After two other coaching experiences for Monopoli and Perugia, Papadopulo in 1993 drove Acireale to a surprising promotion to Serie B. He then coached Avellino, Livorno, and led Fidelis Andria to another Serie B promotion.

But, after two other short times with Lucchese and Crotone, Papadopulo finally had his luckiest success for A.C. Siena (2001–2004), leading the team from the relegation zone in Serie B to its first Serie A spot ever, and even maintaining the top division the next year. Papadopulo was nicknamed il Papa (The Pope) by Siena fans during his period in the team, that he led from Serie B to survival in the Italian top division.

During the 2004–2005 season, Papadopulo was appointed as new coach of Lazio, replacing Domenico Caso; however, he left his managing position at the end of the season. On 29 January 2006, Papadopulo has been called back to Sicily in order to replace Luigi Delneri at the helm of U.S. Città di Palermo, and debuted with a surprising 3–0 win against AC Milan for a match of Italian Cup. After a series of impressive results which led Palermo off the lower places in the standings, and despite a one-year renewal signed before the end of the season, Papadopulo was dismissed from the rosanero, in order to be replaced by Francesco Guidolin.

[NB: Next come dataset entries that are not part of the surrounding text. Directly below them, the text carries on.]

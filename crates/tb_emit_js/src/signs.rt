//! What an expression begins with, as far as an operator before it has to know.

ghost use Rattle.std.specs.Prelude.{◌≡◌};
ghost use Rattle.tb_layout.specs.Js.{update_mark};
ghost use Rattle.tb_layout.specs.Pieces.{mark_text};
ghost use Rattle.tb_layout.proofs.Written.{js_expr};
ghost use Rattle.tb_emit_js.specs.Signs as spec;

use tb_tree::{Expr, UnaryOperator, UpdateOperator};

/// The character that an expression begins with, where it is one of these.
#[derive(Clone, Copy)]
pub enum Sign {
    Plus,
    Minus,
    Other,
}

/// Goes down to the expression that is written first: a few steps, since an operator before it ends the walk.
#[tactic(auto, using(crate::proofs::Firsts::name_sign, crate::proofs::Firsts::this_sign, crate::proofs::Firsts::null_sign, crate::proofs::Firsts::undefined_sign, crate::proofs::Firsts::boolean_sign, crate::proofs::Firsts::number_sign, crate::proofs::Firsts::string_sign, crate::proofs::Firsts::template_sign, crate::proofs::Firsts::parens_sign, crate::proofs::Firsts::array_sign, crate::proofs::Firsts::object_sign, crate::proofs::Firsts::new_sign, crate::proofs::Firsts::member_sign, crate::proofs::Firsts::index_sign, crate::proofs::Firsts::call_sign, crate::proofs::Firsts::unary_sign, crate::proofs::Firsts::binary_sign, crate::proofs::Firsts::as_sign, crate::proofs::Firsts::conditional_sign, crate::proofs::Firsts::assign_sign, crate::proofs::Firsts::arrow_sign))]
pub(crate) fn first_sign(of: &Expr) -> Sign
    ensures { spec.BeginsWith result (js_expr of.now) }
{
    match of {
        Expr::Name { .. } => Sign::Other,
        Expr::This { .. } => Sign::Other,
        Expr::Null { .. } => Sign::Other,
        Expr::Undefined { .. } => Sign::Other,
        Expr::Boolean { .. } => Sign::Other,
        Expr::Number { .. } => Sign::Other,
        Expr::String { .. } => Sign::Other,
        Expr::Template { .. } => Sign::Other,
        Expr::Parens { .. } => Sign::Other,
        Expr::Array { .. } => Sign::Other,
        Expr::Object { .. } => Sign::Other,
        Expr::New { .. } => Sign::Other,
        Expr::Member { base, .. } => first_sign(base.get()),
        Expr::Index { base, .. } => first_sign(base.get()),
        Expr::Call { callee, .. } => first_sign(callee.get()),
        Expr::Unary { operator, .. } => sign_of_unary(*operator),
        Expr::Update {
            operator,
            before,
            target,
            ..
        } => sign_of_update(*operator, *before, first_sign(target.get())),
        Expr::Binary { left, .. } => first_sign(left.get()),
        Expr::As { value, .. } => first_sign(value.get()),
        Expr::Conditional { condition, .. } => first_sign(condition.get()),
        Expr::Assign { target, .. } => first_sign(target.get()),
        Expr::Arrow { .. } => Sign::Other,
    }
}

fn sign_of_unary(operator: UnaryOperator) -> Sign
    ensures { result ≡ spec.sign_of_unary operator }
{
    match operator {
        UnaryOperator::Not => Sign::Other,
        UnaryOperator::Minus => Sign::Minus,
        UnaryOperator::Plus => Sign::Plus,
        UnaryOperator::Typeof => Sign::Other,
    }
}

/// An operator before its target stands first, and else the target does.
fn sign_of_update(operator: UpdateOperator, before: bool, target: Sign) -> Sign
    ensures { result ≡ spec.sign_of_update operator before target }
{
    if !before {
        return target;
    }
    match operator {
        UpdateOperator::Increment => Sign::Plus,
        UpdateOperator::Decrement => Sign::Minus,
    }
}

/// An operator before an operand, with the space that has to stand between.
pub(crate) fn prefix_text(operator: UnaryOperator, operand: Sign) -> &'static str
    ensures { result.now ≡ spec.prefix_text operator operand }
{
    match operator {
        UnaryOperator::Not => "!",
        UnaryOperator::Typeof => "typeof ",
        UnaryOperator::Minus => match operand {
            Sign::Minus => "- ",
            Sign::Plus => "-",
            Sign::Other => "-",
        },
        UnaryOperator::Plus => match operand {
            Sign::Plus => "+ ",
            Sign::Minus => "+",
            Sign::Other => "+",
        },
    }
}

fn update_text(operator: UpdateOperator) -> &'static str
    ensures { result.now ≡ mark_text (update_mark operator) }
{
    match operator {
        UpdateOperator::Increment => "++",
        UpdateOperator::Decrement => "--",
    }
}

/// `++` or `--` where it stands before its target.
pub(crate) fn before_text(operator: UpdateOperator, before: bool) -> &'static str
    ensures { result.now ≡ spec.before_text operator before }
{
    if before { update_text(operator) } else { "" }
}

/// The same where it stands behind it.
pub(crate) fn behind_text(operator: UpdateOperator, before: bool) -> &'static str
    ensures { result.now ≡ spec.behind_text operator before }
{
    if before { "" } else { update_text(operator) }
}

On 28 December 2006, he became the new manager of Serie B club Lecce. In his second season with the giallorossi, Papadopulo obtained a third place in the Serie B final table, and then managed to defeat Pisa and AlbinoLeffe in the promotion playoffs, thus securing promotion to the top flight. Despite this, he left the club weeks later, after failing to reach an agreement with the club, who eventually decided to appoint Mario Beretta at his place.

On 14 April 2009, he was appointed new head coach of Bologna, after Siniša Mihajlović's dismissal.

On 20 October 2009, Papadopulo was fired as head coach of Bologna replaced by Franco Colomba.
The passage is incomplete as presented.